Au moins ne reprochera-t-on pas à Amazon de fauter par excès de zèle : c’est une fois de plus Apple qui se fait prendre au jeu de la pudibonderie. La couverture d’un ouvrage a été jugée choquante par le revendeur américain, et voilà que le livre de Bénédicte Martin, publié aux Editions des Equateurs se retrouve interdit de séjour dans la librairie numérique.  La couverture présente en effet un buste de femme nue prolongée par une lame de couteau. Tranchant, et d’autant plus que le livre ne doit sortir que le 20 mars : censure par anticipation, sacré cadeau.

L’éditeur a été alerté par son diffuseur numérique, Interforum, du refus d’Apple, strictement motivé par ladite couverture. « Apple ne censure pas le livre en raison de son contenu, par ailleurs un récit littéraire et poétique sur la féminité, mais le censure juste parce qu’il y a une femme aux seins nus sur la couverture. C’est à la fois absurde et grave. Un exemple affligeant des excès de la pudibonderie américaine », enrage Olivier Frebourg, cité par l’AFP.

Et d’ajouter : « Et vous pouvez diffuser les oeuvres les plus hard sur Apple du moment que vous avez une couverture neutre. »

Bien entendu, il refuse catégoriquement de modifier sa couverture, et accuse Apple de jouer « à Big Brother ». Selon lui, la liberté de création, associée à la couverture qu’a réalisée le maquettiste Stéphane Rozencwajg, est menacée par le comportement de la firme. Et d’interpeller dans la foulée pouvoirs publics et instances de l’édition pour qu’elles réagissent. Il demande en effet « à la ministre de la Culture Aurélie Filippetti, ainsi qu’au Syndicat national de l’édition, et à la Commission européenne de réagir et de prendre position sur cette question fondamentale de la liberté d’expression ».

Il y a à boire et à manger, dans cette affaire. Les histoires de censure chez Apple, il suffit de taper dans une poubelle pour en faire sortir une centaine. Bien entendu, la censure n’est pas acceptable, il ne reste malheureusement qu’à pousser des cris d’orfraie pour se faire entendre. Et faire prendre conscience du problème.
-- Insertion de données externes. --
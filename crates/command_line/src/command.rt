// What words ask for.

/// A command with the names of its files, its numbers and its options. No name is empty or begins with `-`.
#[derive(Clone, Copy)]
pub enum Command<'a> {
    /// Writes the output of a plan for trades, and for cash movements where a file of them is given.
    Eval {
        plan: &'a str,
        trades: &'a str,
        cash: Option<&'a str>,
    },
    /// Writes the same by pairs on threads.
    Run {
        plan: &'a str,
        trades: &'a str,
        options: RunOptions<'a>,
    },
    /// Writes the state that events lead to.
    Replay {
        plan: &'a str,
        trades: &'a str,
        events: &'a str,
        cash: Option<&'a str>,
    },
    /// Writes `count` trades that are made from the number `start`.
    Make {
        start: u32,
        count: u32,
    },
    /// Runs a plan for made trades, and writes a summary.
    Trial {
        plan: &'a str,
        start: u32,
        count: u32,
        options: RunOptions<'a>,
    },
    /// Writes the output of a plan for trades, worked in buckets that move between partitions.
    Move {
        plan: &'a str,
        trades: &'a str,
        moves: &'a str,
    },
    /// Writes the groups of three that events lead to, and what the drain emits.
    Trio {
        plan: &'a str,
        trades: &'a str,
        events: &'a str,
    },
}

/// The options of `run` and `trial`, with their defaults where they are not given.
#[derive(Clone, Copy)]
pub struct RunOptions<'a> {
    /// The file with the cash movements.
    pub cash: Option<&'a str>,
    /// The file with the failure script.
    pub script: Option<&'a str>,
    /// How many threads there are, 1 to 16; 4 where the option isn't given.
    pub threads: u32,
    /// How many turns there are at most, 0 to 10,000,000; 200,000 where the option isn't given.
    pub turns: u32,
    /// The file that the journal is saved to.
    pub journal: Option<&'a str>,
}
Dans la série des célèbres censure d’Apple, on peut évoquer :

Etc., ad nauseam.

Sauf qu’après tout, travailler avec un revendeur implique d’accepter ses conditions de commercialisation. Et la firme est connue pour être particulièrement frileuse : plutôt que de risquer le procès d’un client mécontent, la société a toujours pris le parti de sanctionner en amont, et tant pis pour la liberté d’expression, de création et le reste. De ce point de vue, strictement juridique, on fait la somme des dépenses liées à une procédure, et on conclut chez Apple qu’il est préférable de censurer. Comportement de bêtise crasse, certes, et qui n’est pas sans conséquence.

S’autocensurer, ou lutter contre un moulin à vents ?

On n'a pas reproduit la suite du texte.